Understanding Stamp Duty: Common questions answered

Understanding Stamp Duty Land Tax (SDLT) is a cause of frustration for many homebuyers.

SDLT is a complex issue.

We answer some of the most common questions about it.

What are the rates of SDLT?

It’s worth clarifying what the current rates of SDLT are before discussing some of the most common questions.

Individuals usually pay SDLT on increasing portions of the property price when you buy a residential property.

The amount you pay is determined by the following:

  • When you purchased the property
  • How much you paid for it

A useful SDLT calculator can be found on the Government website.

The amount you pay is dependant on either the property, lease premium, or transfer value.  

You are liable to pay Stamp Duty at the following rates if, once you have bought the property, it is the only residential property you own:

  • Up to £125,000 – Zero SDLT rate
  • The next £125,000 (the portion from £125,001 to £250,000) – 2 per cent SDLT rate
  • The next £675,000 (the portion from £250,001 to £925,000) – 5 per cent SDLT rate
  • The next £575,000 (the portion from £925,001 to £1.5 million) – 10 per cent SDLT rate
  • The remaining amount (the portion above £1.5 million) – 12 per cent SDLT rate

Do you have to pay an SDLT surcharge if you are buying a second residence?

The three per cent SDLT surcharges cause a great deal of confusion.
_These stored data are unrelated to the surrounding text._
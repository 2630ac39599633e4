//! The codes of the protocol.
ghost use Rattle.std.specs.Prelude.{◌≡◌};
ghost use Rattle.plain_types.specs.Codes.{code_text};

use std::error::Error;
use std::fmt;

/// Why a line, a command or an action is refused. The protocol prints each as `E` and two digits.
#[derive(Clone, Copy, Debug, PartialEq, Eq)]
pub enum Code {
    /// A line that is no JSON, no UTF-8, or too long.
    UnreadableLine,
    /// A line that is JSON and no command.
    NotACommand,
    NoSuchClass,
    NoSuchObject,
    NoSuchMethod,
    /// A text that is no signature, or no type name.
    BadSignature,
    /// The slot's types are no prefix of the signal's.
    DoesNotFit,
    /// A unique connection whose sender, signal, receiver and method are connected.
    ConnectedAlready,
    /// A unique connection with a functor.
    UniqueFunctor,
    NoSuchFunctor,
    NoSuchProperty,
    /// A parent that is the object itself or below it.
    Cycle,
    /// An object that is being deleted.
    Dying,
    /// One of the protocol's limits.
    Limit,
    NameTaken,
    /// A join of one's own session.
    OwnSession,
    /// The end of a group of property changes where none is open.
    NoGroup,
    NotBindable,
    /// Numbers of objects, connections or ages have run out.
    NumbersUsedUp,
    /// A session that ran out of memory, failed, and has not been reset since.
    SessionFailed,
    OutOfMemory,
    /// A value, a kind or a form that does not serve.
    BadValue,
    /// A command has used up its turns: a warning, and no refusal.
    TurnsUsedUp,
}

impl Code {
    /// The code as the protocol prints it.
    pub fn text(self) -> &'static str
        ensures { result.now ≡ code_text self }
    {
        match self {
            Code::UnreadableLine => "E01",
            Code::NotACommand => "E02",
            Code::NoSuchClass => "E03",
            Code::NoSuchObject => "E04",
            Code::NoSuchMethod => "E05",
            Code::BadSignature => "E06",
            Code::DoesNotFit => "E07",
            Code::ConnectedAlready => "E08",
            Code::UniqueFunctor => "E09",
            Code::NoSuchFunctor => "E10",
            Code::NoSuchProperty => "E11",
            Code::Cycle => "E12",
            Code::Dying => "E13",
            Code::Limit => "E14",
            Code::NameTaken => "E15",
            Code::OwnSession => "E16",
            Code::NoGroup => "E17",
            Code::NotBindable => "E18",
            Code::NumbersUsedUp => "E19",
            Code::SessionFailed => "E20",
            Code::OutOfMemory => "E21",
            Code::BadValue => "E22",
            Code::TurnsUsedUp => "E23",
        }
    }
}

impl fmt::Display for Code {
    ghost use Rattle.std.specs.Prelude.{Some};

    ghost output = { λ code. Some (code_text code) };

    fn fmt<W: fmt::Write>(&self, f: &mut fmt::Formatter<W>) -> fmt::Result {
        let text = self.text();
        write!(f, "{text}")
    }
}

impl Error for Code {}
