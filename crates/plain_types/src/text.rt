//! Texts.
ghost use Rattle.std.specs.Prelude.{◌≡◌, ◌↔◌, [], IsTrue, IfOk, length, string_bytes};

use crate::short_text::ShortText;
use std::alloc::{AllocError, Global};
use std::hash::{Hash, Hasher};
use std::marker::Model;
use std::rc::RcStr;

/// A short text lies in the value itself. A longer one is shared by its copies.
#[derive(Drop)]
enum Kept {
    Short(ShortText),
    Shared(RcStr),
}

/// A string that contracts see as the list of its bytes.
pub struct Text {
    kept: Kept,
}

// Each scope that drops a text calls this, where a derived `Drop` would have both forms proved there.
impl Drop for Text {
    fn drop(self) {
        let Text { kept: _ } = self;
    }
}

impl Model for Text {
    ghost use Rattle.std.specs.Prelude.{ℕ, List};
    ghost use Rattle.plain_types.specs.Texts.{bytes_kept};

    ghost Value = { List ℕ };

    ghost view = { λ t. bytes_kept t.kept };
}

impl Text {
    /// An empty text.
    pub fn new() -> Text
        ensures { result ≡ [] }
    {
        Text {
            kept: Kept::Short(ShortText::new()),
        }
    }

    /// Copies a text into a value of its own.
    pub fn from_str(alloc: Global, text: &str) -> Result<Text, AllocError>
        ensures { IfOk result (λ t. t ≡ text.now) }
    {
        let kept = match ShortText::from(text) {
            Some(short) => Kept::Short(short),
            None => Kept::Shared(RcStr::from_str(alloc, text)?),
        };
        Ok(Text { kept })
    }

    /// The text that the string holds, whose bytes stay where they are unless they are few.
    pub fn from_string(text: String) -> Result<Text, AllocError>
        ensures { IfOk result (λ t. t ≡ string_bytes text) }
    {
        let kept = match ShortText::from(text.as_str()) {
            Some(short) => Kept::Short(short),
            None => Kept::Shared(RcStr::from_string(text)?),
        };
        Ok(Text { kept })
    }

    pub fn as_str(&self) -> &str
        ensures { result.now ≡ self.now }
    {
        match &self.kept {
            Kept::Short(text) => text.as_str(),
            Kept::Shared(text) => text.as_str(),
        }
    }

    /// The number of bytes of the text in UTF-8.
    pub fn len(&self) -> usize
        ensures { result ≡ length self.now }
    {
        self.as_str().len()
    }

    pub fn is_empty(&self) -> bool
        ensures { IsTrue result ↔ (self.now ≡ []) }
    {
        self.as_str().is_empty()
    }

    /// An equal text. A short one is copied; a longer one is shared, and is copied only where its owners
    /// are too many to be counted.
    pub fn copy(&self, alloc: Global) -> Result<Text, AllocError>
        ensures { IfOk result (λ t. t ≡ self.now) }
    {
        let kept = match &self.kept {
            Kept::Short(text) => Kept::Short(*text),
            Kept::Shared(text) => match text.clone() {
                Ok(text) => Kept::Shared(text),
                Err(_) => return Text::from_str(alloc, text.as_str()),
            },
        };
        Ok(Text { kept })
    }
}

impl PartialEq for Text {
    ghost use Rattle.std.specs.Prelude.{bytes_eq};
    ghost use Rattle.std.specs.Cmp.{partial_equiv_from_equiv};
    ghost use Rattle.std.specs.Cmp.Lexicographic.{nat_list_eq_equiv};

    ghost eq = { bytes_eq };

    ghost laws = { partial_equiv_from_equiv nat_list_eq_equiv };

    fn eq(&self, other: &Text) -> bool {
        self.as_str() == other.as_str()
    }
}

impl Eq for Text {
    ghost use Rattle.std.specs.Cmp.Lexicographic.{nat_list_eq_equiv};

    ghost laws = { nat_list_eq_equiv };
}

impl Hash for Text {
    ghost use Rattle.std.specs.Hash as fed;
    ghost use Rattle.std.proofs.Common.{rules};
    ghost use Rattle.std.specs.Cmp.Rules.{hashing};

    ghost hash_input = { λ t. fed.str t };

    ghost respects_eq = { Prim.search (hashing, rules) };

    fn hash<H: Hasher>(&self, state: &mut H) {
        self.as_str().hash(state);
    }
}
This confusion surrounds when someone is purchasing a main residence, but already owns another property. In some instances, the timing of the purchase is key to avoiding an expensive mistake.

Consider the higher rates as a flow chart:

  • If you hold an interest valued over £40,000 in any worldwide residential property?
    • If yes, the higher rates may apply
    • If nom then you are not in the scope of the higher rates
  • Have you disposed of the main residence within the last three years?
    • If yes, the higher rates will not apply as long as other conditions are met

Do I qualify as a first-time buyer and get the SDLT discount if I am purchasing my first home?

To qualify for the SDLT first-time buyer discount you cannot have held either a freehold or leasehold interest in a residential property anywhere in the world.

This is inclusive of properties you might have inherited or been gifted if you are a beneficiary of a trust.

At present, first time buyers paying £300,000 or less for a residential property pay no SDLT.

First time buyers who pay between £300,000 and £500,000 pay SDLT at 5 per cent on the amount of the purchase price in excess of £300,000.

If I gift a let property to someone do they have to pay SDLT?

SDLT is always calculated on chargeable consideration, or money/money’s worth.

Since a gift is freely given, no money changes hands.

It is important to note that “money’s worth” includes debt.

Therefore, if you gift property with a mortgage, SDLT will be chargeable on the value of the mortgage being transferred.

If I transfer my property portfolio for zero consideration into my company does the company pay SDLT?

There is a common misunderstanding surrounding this question.

Any transfer from individuals to a connected company occurs at market value.